Among the entries, find each line that includes the string "WalkStop" and list it.

[Opening DATASET RECORDS section]

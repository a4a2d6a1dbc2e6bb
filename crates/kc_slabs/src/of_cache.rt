// What is seen of the slabs of a cache, in one line.
ghost use Rattle.std.specs.Prelude.{◌≡◌, ◌++◌, Ok, OnOk};
ghost use Rattle.kc_memory.specs.Stays.{SpaceStays};
ghost use Rattle.kc_found.specs.Walks.{CountsWalkFaults, OnBroken, WalksAs};
ghost use Rattle.kc_slab_page.specs.Caches.{caches_view};
ghost use Rattle.kc_slab_page.specs.Frames.Frames.{frames_of};
ghost use Rattle.std.specs.Option.{option_copied};
ghost use Rattle.kc_slabs.specs.Looking.{seen_in, seen_view, told_view};
ghost use Rattle.kc_slabs.specs.OfCache.{at_text, cache_line, fault_at, first_cpu, first_slab, name_at, of_cache, owned_count, owned_part, seen_line, slabs_part, unknown_line, why_text};

use crate::looking::{CpusSeen, EachSlab, SlabShapes, SlabsSeen, read_seen};
use crate::text::{guard_code, name_in};
use kc_btf::Btf;
use kc_found::{Found, Name, Space, WalkStop};
use kc_owner::{read_known, read_text, view_at};
use kc_report::rule_code;
use kc_slab_page::{FrameRun, SlabFault};
use kc_slab_scan::{BrokenCpu, BrokenSlab};
use kc_text::{push, push_hex, push_name_or_dash, push_numbered};
use kc_word::{NoMemory, Steps};
use std::alloc::Global;
use std::sync::ledger::Ledger;

// How many bytes of a name are looked at.
const NAME: u8 = 64;

/// A dump's page frames, and what tells which of them are slabs.
#[derive(Clone, Copy)]
pub struct SlabFrames<'f> {
    /// The kernel's types.
    pub btf: &'f Btf,
    /// Where the words stand that tell of slabs.
    pub shapes: &'f SlabShapes,
    /// The page frames, as runs.
    pub runs: &'f [FrameRun],
}

// The name of a cache.
fn read_name<S: Space, L: Ledger>(
    alloc: Global,
    space: &mut S,
    frames: &SlabFrames<'_>,
    cache: u64,
    steps: &mut Steps<L>,
) -> Result<Name, WalkStop>
    ensures exact { WalksAs (λ n. n) (λ i. Ok (name_at i frames.now.shapes.now cache)) (S.image space.old) result }
    ensures broken { OnBroken result ⊥ }
    ensures stays { SpaceStays S.image S.files S.through S.most space.old space.new }
    ensures cause { CountsWalkFaults result (S.faults space.old) (S.faults space.new) }
{
    let view = view_at(frames.btf, cache);
    let field = &frames.shapes.pages.objects.name;
    match read_known(alloc, space, &view, field, steps)? {
        Some(at) => read_text(alloc, space, at, NAME, steps),
        None => Ok(Name::new(alloc)),
    }
}

// What is seen of the slabs of the caches with a name.
fn see_named<S: Space, L: Ledger>(
    alloc: Global,
    space: &mut S,
    frames: &SlabFrames<'_>,
    wanted: Option<&[u8]>,
    steps: &mut Steps<L>,
) -> Result<SlabsSeen, WalkStop>
    ensures exact { WalksAs seen_view (λ i. seen_in i frames.now.shapes.now (option_copied wanted.entry) (frames_of frames.now.runs.now)) (S.image space.old) result }
    ensures stays { SpaceStays S.image S.files S.through S.most space.old space.new }
    ensures cause { CountsWalkFaults result (S.faults space.old) (S.faults space.new) }
{
    let asks = EachSlab {
        alloc,
        btf: frames.btf,
        shapes: frames.shapes,
        wanted,
        runs: frames.runs,
    };
    read_seen(space, &asks, steps)
}

/// What is seen of the slabs of the caches that have the name of a cache.
///
/// # Errors
///
/// The violation by a word that can't be read, of those that tell where page descriptors and physical memory begin; a failure of the space, whose count of faults then rose; or out of memory.
pub fn see_cache<S: Space, L: Ledger>(
    alloc: Global,
    space: &mut S,
    frames: &SlabFrames<'_>,
    cache: u64,
    steps: &mut Steps<L>,
) -> Result<SlabsSeen, WalkStop>
    ensures exact { WalksAs seen_view (λ i. of_cache i frames.now.shapes.now cache (frames_of frames.now.runs.now)) (S.image space.old) result }
    ensures stays { SpaceStays S.image S.files S.through S.most space.old space.new }
    ensures cause { CountsWalkFaults result (S.faults space.old) (S.faults space.new) }
{
    let name = read_name(alloc, space, frames, cache, steps)?;
    see_named(alloc, space, frames, Some(name.as_slice()), steps)
}

// A rule that is broken, and where.
fn push_at(text: &mut Vec<u8>, code: &[u8], at: u64) -> Result<(), NoMemory>
    ensures { OnOk result (text.new.items ≡ text.old.items ++ at_text code.now at) }
{
    push(text, b" first ")?;
    push(text, code)?;
    push(text, b" at ")?;
    push_hex(text, at)
}

fn push_fault_at(text: &mut Vec<u8>, fault: &SlabFault) -> Result<(), NoMemory>
    ensures { OnOk result (text.new.items ≡ text.old.items ++ fault_at fault.now) }
{
    match fault {
        SlabFault::Words(found) => push_at(text, rule_code(found.rule), found.at),
        SlabFault::Bytes(spoiled) => push_at(text, guard_code(spoiled.rule), spoiled.at),
    }
}

// That of the first of these slabs.
fn push_first_slab(text: &mut Vec<u8>, broken: &[BrokenSlab]) -> Result<(), NoMemory>
    ensures { OnOk result (text.new.items ≡ text.old.items ++ first_slab broken.now) }
{
    match broken {
        [first, ..] => push_fault_at(text, &first.found),
        [] => Ok(()),
    }
}

// That of the first of these slabs that processors own.
fn push_first_cpu(text: &mut Vec<u8>, broken: &[BrokenCpu]) -> Result<(), NoMemory>
    ensures { OnOk result (text.new.items ≡ text.old.items ++ first_cpu broken.now) }
{
    match broken {
        [first, ..] => push_at(text, rule_code(first.found.rule), first.found.at),
        [] => Ok(()),
    }
}

// How many of the slabs that processors own break a rule.
fn push_owned_count(text: &mut Vec<u8>, seen: &CpusSeen) -> Result<(), NoMemory>
    ensures { OnOk result (text.new.items ≡ text.old.items ++ owned_count seen.now) }
{
    push_numbered(text, b" processors ", seen.scan.slabs)?;
    push_numbered(text, b" broken ", seen.scan.broken.len() as u64)?;
    push_first_cpu(text, seen.scan.broken.as_slice())
}

// The same, where that is told.
fn push_owned_part(
    text: &mut Vec<u8>,
    cpus: &Option<Result<CpusSeen, Found>>,
) -> Result<(), NoMemory>
    ensures { OnOk result (text.new.items ≡ text.old.items ++ owned_part cpus.now) }
{
    match cpus {
        None => Ok(()),
        Some(Ok(seen)) => push_owned_count(text, seen),
        Some(Err(found)) => {
            push(text, b" processors unknown ")?;
            push(text, rule_code(found.rule))
        }
    }
}

// And of all slabs.
fn push_slabs_part(text: &mut Vec<u8>, seen: &SlabsSeen) -> Result<(), NoMemory>
    ensures { OnOk result (text.new.items ≡ text.old.items ++ slabs_part (seen_view seen.now)) }
{
    push_numbered(text, b"slabs ", seen.scan.totals.slabs)?;
    push_numbered(text, b" broken ", seen.scan.broken.len() as u64)?;
    push_first_slab(text, seen.scan.broken.as_slice())
}

fn push_seen_line(text: &mut Vec<u8>, cache: u64, seen: &SlabsSeen) -> Result<(), NoMemory>
    ensures { OnOk result (text.new.items ≡ text.old.items ++ seen_line cache (seen_view seen.now)) }
{
    push_slabs_part(text, seen)?;
    push_owned_part(text, &seen.cpus)?;
    push(text, b" cache ")?;
    push_name_or_dash(text, name_in(&seen.caches, cache))?;
    push(text, b"\n")
}

// Why the slabs can't be told.
fn push_why(text: &mut Vec<u8>, found: &Found) -> Result<(), NoMemory>
    ensures { OnOk result (text.new.items ≡ text.old.items ++ why_text found.now) }
{
    push(text, rule_code(found.rule))?;
    push(text, b" ")?;
    push_hex(text, found.at)?;
    push(text, b"\n")
}

fn push_unknown(text: &mut Vec<u8>, found: &Found) -> Result<(), NoMemory>
    ensures { OnOk result (text.new.items ≡ text.old.items ++ unknown_line found.now) }
{
    push(text, b"slabs unknown ")?;
    push_why(text, found)
}

/// Adds the line of what was seen of the slabs of a cache, or of why that can't be told: how many there are, how many break a rule, and the first.
///
/// # Errors
///
/// No memory was left.
pub fn push_cache_line(
    text: &mut Vec<u8>,
    cache: u64,
    seen: &Result<SlabsSeen, Found>,
) -> Result<(), NoMemory>
    ensures { OnOk result (text.new.items ≡ text.old.items ++ cache_line cache (told_view seen.now)) }
{
    match seen {
        Ok(seen) => push_seen_line(text, cache, seen),
        Err(found) => push_unknown(text, found),
    }
}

[Closing DATASET RECORDS section]

• _WRITTEN RESPONSE_:
use kc_found::{Found, Name, Space, WalkStop};
) -> Result<Name, WalkStop>
) -> Result<SlabsSeen, WalkStop>
) -> Result<SlabsSeen, WalkStop>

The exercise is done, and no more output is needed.